担当となった生活安全課の刑事である私は、朝からこうして相田さんに向き合っているのだったが、彼はなかなか口を割らなかった。そして、休憩を取り、時間を限ってしりとり遊びを興じるに至ったのだ。でも、まさかこんな結末をたどるとは。

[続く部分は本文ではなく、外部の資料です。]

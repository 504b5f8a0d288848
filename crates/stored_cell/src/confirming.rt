// The three steps of a store, as a topic takes part in them: it is viewed, and later what was stored is confirmed.
ghost use Rattle.std.specs.Prelude.{ℕ, ◌≡◌, ◌+◌, ◌++◌, ◌⊎◌, ◌≤◌, ◌↔◌, Err, None, Some, IfOk, IfErr, IfSome, OnOk, OnErr, IsTrue, IsFalse, is_none, length, false, true};
ghost use Rattle.position_core.specs.declared.fault.Fault.TheVariants.{NoMemory, JournalFull, StoreFailed};
ghost use Rattle.delivery_machine.specs.Snapshot.{snapshot_of};
ghost use Rattle.delivery_machine.specs.Places.{snapshot_in};
ghost use Rattle.delivery_machine.specs.declared.event.Event.TheVariants.{StoredTo};
ghost use Rattle.topic_shared.specs.Kept.{HasNoLine, StoresLine, with_promise};
ghost use Rattle.stored_cell.specs.Held.{SameButPromise, bases_of, outstanding_in};
ghost use Rattle.stored_cell.specs.Noted.{marked};

use crate::bases::Bases;
use crate::cell::StoredCell;
use crate::kept::Kept;
use crate::notes::{Note, Notes};
use crate::part::Part;
use crate::viewed::{Stored, Viewed};
use delivery_machine::{Fault, Opened, Saved};
use marks::{Mark, Naming};

/// The mark of the snapshot that was stored last.
fn base_of<J: Naming>(stored: &Option<Stored<J>>) -> Option<Mark<Note, J>>
    ensures { marked result ≡ marked stored.now }
{
    match stored {
        Some(stored) => Some(stored.kept().mark()),
        None => None,
    }
}

/// The mark of the snapshot that was viewed last, where it was not confirmed.
fn outstanding_of<J: Naming>(outstanding: &Option<Viewed<J>>) -> Option<Mark<Note, J>>
    ensures { marked result ≡ outstanding_in outstanding.now }
{
    match outstanding {
        Some(viewed) => Some(viewed.mark().again()),
        None => None,
    }
}

/// The marks of what the topic goes on from.
pub(crate) fn bases_of<J: Naming>(
    stored: &Option<Stored<J>>,
    outstanding: &Option<Viewed<J>>,
) -> Bases<J>
    ensures { result ≡ marked stored.now ++ outstanding_in outstanding.now }
{
    let base = base_of(stored);
    Bases::new(base, outstanding_of(outstanding))
}

impl<T: Opened + Drop, J: Naming> StoredCell<T, J> {
    /// The topic as it is, to be stored. A line is kept for its confirmation, whatever is asked meanwhile;
    /// an earlier view that was not confirmed is none any more, but that the part goes on from it too. Refused (F15)
    /// where not even the last line is left, (F16) where 2^62 marks were drawn, or for want of memory.
    pub fn ready_view(&mut self, notes: &mut Notes<J>) -> Result<Part<J>, Fault>
        ensures part { IfOk result (λ part. (snapshot_in part.kept ≡ snapshot_of self.old.cell.state) × (part.bases ≡ bases_of self.old)) }
        ensures first { IfOk result (λ part. part.is_first ≡ is_none self.old.stored) }
        ensures ok { IfOk result (λ part. self.new ≡ record self.old { cell = record (with_promise self.old.cell) { viewed = self.old.cell.state; unsaved = false }; outstanding = Some part.kept }) }
        ensures err { OnErr result (SameButPromise self.old self.new) }
        ensures full { (result ≡ Err JournalFull) ↔ HasNoLine self.old.cell }
        ensures faults { IfErr result (λ fault. (fault ≡ NoMemory) ⊎ (fault ≡ JournalFull) ⊎ (fault ≡ StoreFailed)) }
    {
        match self.cell.promise() {
            Ok(()) => {}
            Err(fault) => return Err(fault),
        }
        let snapshot = match self.cell.view() {
            Ok(snapshot) => snapshot,
            Err(fault) => return Err(fault),
        };
        let Some(mark) = notes.view(&snapshot) else {
            drop(snapshot);
            return Err(Fault::StoreFailed);
        };
        let bases = bases_of(&self.stored, &self.outstanding);
        let is_first = self.stored.is_none();
        self.cell.view_taken();
        self.outstanding = Some(Viewed::new(&snapshot, mark.again()));
        Ok(Part::new(snapshot, mark, bases, is_first))
    }

    /// Makes durable what was stored, if it is what was viewed last: the store holds its messages and its
    /// deaths, whatever was trimmed since. Whether it was. What a caller's word made durable is so by that word still.
    pub fn confirm(&mut self, kept: Kept<J>) -> bool
        ensures nothing { IsFalse result → self.new ≡ self.old }
        ensures outstanding { IsTrue result → self.old.outstanding ≡ Some kept.kept }
        ensures stored { IsTrue result → (self.new.stored ≡ Some kept) × (self.new.outstanding ≡ None) }
        ensures line { IsTrue result → (count : ℕ) × StoresLine self.old.cell (StoredTo (kept.kept.gone + length kept.kept.log) kept.kept.next_ordinal) count self.new.cell }
        ensures word { self.new.by_word ≡ self.old.by_word }
        ensures durable { self.old.cell.state.durable ≤ self.new.cell.state.durable }
    {
        let Some(viewed) = &self.outstanding else {
            drop(kept);
            return false;
        };
        if !kept.is(viewed.mark()) {
            drop(kept);
            return false;
        }
        let length = viewed.length();
        let ordinal = viewed.ordinal();
        self.cell.confirm(length, ordinal);
        self.stored = Some(Stored::new(kept, length));
        self.outstanding = None;
        true
    }
}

「なんでそんな大それた。原因は、ギャンブル?女の人?」
「いいえ。違います」
「では?」
「はい。以前、僕は経理部でごくごく単純にお金の計算をしていただけでした。僕がラブラブモータースの業務内容に疑問を抱いたのは、つい数年前のことです」
「業務内容?何か問題があったんですか?」
「ええ。ラブラブモータースは事故車の修理の際、わざとお客さんの車を壊すんです。パイプを折ったり、ラジエーターの液を抜き取ったり。壊しておいて直す。過大請求をする。でも、料金は保険会社からの支払いとなる」
「ああ。保険会社が黙っていれば表面上は問題にならない。そうだったんだ。ひどい。不適切だ」
「はい。それで僕は上の人間に進言しました。こんなんじゃだめだと。でも、向こうは耳を貸さなかった。逆に僕は罵倒された。こんな会社、あってはいけない、僕はそう思いました」
「それで、不適切な会社をつぶす方法を考えた」
「はい」
「不適切な方法で適切なことを」
「はい」
「でも、相田さん。だまし取った2億円は一体どうしたんですか?」
「ああ。それなら実家に置いてあります。裏の物置」
「口座預金の横領の、う。う。裏の物置の2億円」
「不適切ですね、確かに。でも、終わりが、ん、です」
「あ」
「はは。刑事さんの負け。それとも」
「ん?」
「う。ウツボの掴み取りからやり直しますか?」
最初のコメントを投稿しよう!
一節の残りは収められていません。